TASK ITEM: Search the material below for lines containing the string "that", and copy every one you find.
------------------------------------------------------------
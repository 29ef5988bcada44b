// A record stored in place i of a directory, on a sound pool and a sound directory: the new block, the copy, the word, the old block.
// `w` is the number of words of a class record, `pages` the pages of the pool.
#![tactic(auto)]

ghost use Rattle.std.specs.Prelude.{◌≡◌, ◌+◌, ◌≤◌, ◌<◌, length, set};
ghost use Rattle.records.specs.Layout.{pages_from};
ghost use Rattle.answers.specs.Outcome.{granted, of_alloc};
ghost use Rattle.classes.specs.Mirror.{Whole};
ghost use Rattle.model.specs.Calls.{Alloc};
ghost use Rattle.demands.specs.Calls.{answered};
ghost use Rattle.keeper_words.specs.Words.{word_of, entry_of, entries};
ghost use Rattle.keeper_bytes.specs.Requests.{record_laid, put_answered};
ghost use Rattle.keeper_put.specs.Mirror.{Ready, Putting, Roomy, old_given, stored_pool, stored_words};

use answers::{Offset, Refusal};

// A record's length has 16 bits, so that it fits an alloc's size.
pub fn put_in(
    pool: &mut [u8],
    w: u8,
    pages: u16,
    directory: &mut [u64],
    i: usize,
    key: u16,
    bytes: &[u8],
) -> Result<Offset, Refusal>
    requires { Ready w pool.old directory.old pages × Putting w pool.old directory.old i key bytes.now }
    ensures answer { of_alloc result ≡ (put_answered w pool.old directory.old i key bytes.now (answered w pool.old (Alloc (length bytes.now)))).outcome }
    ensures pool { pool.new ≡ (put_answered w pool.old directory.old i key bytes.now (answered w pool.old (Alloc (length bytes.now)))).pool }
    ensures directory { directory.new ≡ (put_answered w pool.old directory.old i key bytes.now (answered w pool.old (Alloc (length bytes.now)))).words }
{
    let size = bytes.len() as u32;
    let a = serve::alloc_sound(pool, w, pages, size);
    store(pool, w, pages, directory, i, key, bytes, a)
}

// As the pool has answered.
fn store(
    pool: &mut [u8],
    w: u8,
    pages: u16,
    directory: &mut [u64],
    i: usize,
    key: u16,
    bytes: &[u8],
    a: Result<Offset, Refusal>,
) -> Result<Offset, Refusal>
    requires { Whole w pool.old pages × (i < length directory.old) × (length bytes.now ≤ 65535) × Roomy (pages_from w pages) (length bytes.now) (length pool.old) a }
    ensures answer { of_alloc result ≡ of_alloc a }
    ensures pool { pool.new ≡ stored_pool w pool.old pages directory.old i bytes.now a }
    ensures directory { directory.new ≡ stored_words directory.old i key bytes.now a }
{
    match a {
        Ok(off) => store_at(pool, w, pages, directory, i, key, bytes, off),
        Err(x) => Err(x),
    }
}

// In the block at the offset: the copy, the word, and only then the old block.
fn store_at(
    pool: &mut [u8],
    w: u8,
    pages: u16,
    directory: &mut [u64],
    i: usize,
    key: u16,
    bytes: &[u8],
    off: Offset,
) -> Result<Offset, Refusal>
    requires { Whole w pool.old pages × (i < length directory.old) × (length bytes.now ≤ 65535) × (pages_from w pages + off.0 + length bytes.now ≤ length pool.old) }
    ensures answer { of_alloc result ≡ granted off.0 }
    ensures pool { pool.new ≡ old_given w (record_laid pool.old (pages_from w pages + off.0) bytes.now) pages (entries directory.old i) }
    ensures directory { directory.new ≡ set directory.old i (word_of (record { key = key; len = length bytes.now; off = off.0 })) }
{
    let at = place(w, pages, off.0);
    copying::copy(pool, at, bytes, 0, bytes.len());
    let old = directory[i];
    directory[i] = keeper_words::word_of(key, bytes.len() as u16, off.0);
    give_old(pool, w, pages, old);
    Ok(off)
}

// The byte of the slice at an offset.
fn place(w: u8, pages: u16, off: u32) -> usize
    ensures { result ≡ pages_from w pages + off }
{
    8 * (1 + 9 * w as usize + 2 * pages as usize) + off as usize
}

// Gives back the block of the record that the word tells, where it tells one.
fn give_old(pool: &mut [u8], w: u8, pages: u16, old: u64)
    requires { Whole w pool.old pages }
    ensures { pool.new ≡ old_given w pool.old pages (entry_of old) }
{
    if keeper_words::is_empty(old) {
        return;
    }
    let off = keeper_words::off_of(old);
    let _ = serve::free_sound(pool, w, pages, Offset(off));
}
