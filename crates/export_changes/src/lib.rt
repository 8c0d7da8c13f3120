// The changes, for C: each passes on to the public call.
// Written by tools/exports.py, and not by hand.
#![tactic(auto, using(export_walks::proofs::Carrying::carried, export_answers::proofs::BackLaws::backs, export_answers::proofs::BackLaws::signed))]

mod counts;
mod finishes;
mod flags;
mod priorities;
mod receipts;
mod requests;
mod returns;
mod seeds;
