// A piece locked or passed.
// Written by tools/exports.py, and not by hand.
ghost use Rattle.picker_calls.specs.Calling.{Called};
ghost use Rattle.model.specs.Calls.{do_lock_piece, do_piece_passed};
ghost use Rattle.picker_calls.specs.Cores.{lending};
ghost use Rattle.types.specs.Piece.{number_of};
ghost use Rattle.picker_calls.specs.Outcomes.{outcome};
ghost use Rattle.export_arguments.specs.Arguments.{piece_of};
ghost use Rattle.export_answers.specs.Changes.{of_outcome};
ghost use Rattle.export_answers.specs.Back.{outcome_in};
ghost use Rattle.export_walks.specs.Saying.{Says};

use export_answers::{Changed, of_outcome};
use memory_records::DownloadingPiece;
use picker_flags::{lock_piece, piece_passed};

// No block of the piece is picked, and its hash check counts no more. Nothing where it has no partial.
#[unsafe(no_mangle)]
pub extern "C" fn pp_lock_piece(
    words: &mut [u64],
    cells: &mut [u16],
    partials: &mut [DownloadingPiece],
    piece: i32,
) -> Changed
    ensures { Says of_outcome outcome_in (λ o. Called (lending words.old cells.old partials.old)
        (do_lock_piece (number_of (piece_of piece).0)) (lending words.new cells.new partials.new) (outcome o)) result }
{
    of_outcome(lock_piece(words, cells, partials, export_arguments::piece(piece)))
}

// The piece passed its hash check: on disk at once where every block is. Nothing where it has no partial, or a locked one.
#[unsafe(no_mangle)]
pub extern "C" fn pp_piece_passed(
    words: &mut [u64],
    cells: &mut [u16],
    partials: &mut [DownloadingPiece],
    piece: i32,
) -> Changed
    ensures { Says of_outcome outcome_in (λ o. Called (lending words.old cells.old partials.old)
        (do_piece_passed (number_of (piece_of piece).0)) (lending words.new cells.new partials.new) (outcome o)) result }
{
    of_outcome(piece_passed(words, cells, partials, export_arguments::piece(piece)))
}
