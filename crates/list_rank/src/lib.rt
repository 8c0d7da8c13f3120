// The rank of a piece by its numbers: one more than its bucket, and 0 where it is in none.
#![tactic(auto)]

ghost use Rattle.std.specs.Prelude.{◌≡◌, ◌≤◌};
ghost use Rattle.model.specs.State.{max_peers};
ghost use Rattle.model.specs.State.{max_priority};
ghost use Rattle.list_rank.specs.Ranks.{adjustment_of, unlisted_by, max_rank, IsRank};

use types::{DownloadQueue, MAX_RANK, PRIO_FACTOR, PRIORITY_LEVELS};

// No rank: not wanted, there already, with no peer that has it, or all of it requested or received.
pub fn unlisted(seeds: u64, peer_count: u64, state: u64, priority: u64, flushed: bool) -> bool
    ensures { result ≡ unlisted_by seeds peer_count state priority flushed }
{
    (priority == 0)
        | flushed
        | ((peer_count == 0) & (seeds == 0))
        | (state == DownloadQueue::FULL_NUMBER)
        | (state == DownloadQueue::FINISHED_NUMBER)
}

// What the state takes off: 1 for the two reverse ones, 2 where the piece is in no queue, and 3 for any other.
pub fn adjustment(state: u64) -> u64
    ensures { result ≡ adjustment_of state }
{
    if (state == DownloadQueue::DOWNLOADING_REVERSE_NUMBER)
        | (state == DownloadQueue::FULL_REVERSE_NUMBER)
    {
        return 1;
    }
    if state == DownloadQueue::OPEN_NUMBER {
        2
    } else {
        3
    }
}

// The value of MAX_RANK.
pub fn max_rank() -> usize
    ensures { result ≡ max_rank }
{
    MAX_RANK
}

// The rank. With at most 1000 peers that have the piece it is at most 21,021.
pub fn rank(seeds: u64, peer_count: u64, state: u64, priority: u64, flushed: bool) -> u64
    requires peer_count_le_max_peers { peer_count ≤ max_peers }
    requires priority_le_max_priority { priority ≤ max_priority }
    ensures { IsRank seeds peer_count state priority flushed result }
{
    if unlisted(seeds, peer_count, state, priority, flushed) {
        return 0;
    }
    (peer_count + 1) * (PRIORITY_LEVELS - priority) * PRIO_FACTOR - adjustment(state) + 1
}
------------------------------------------------------------
EXERCISE ANSWER:
// A record's length has 16 bits, so that it fits an alloc's size.
// Gives back the block of the record that the word tells, where it tells one.
// No rank: not wanted, there already, with no peer that has it, or all of it requested or received.
// The rank. With at most 1000 peers that have the piece it is at most 21,021.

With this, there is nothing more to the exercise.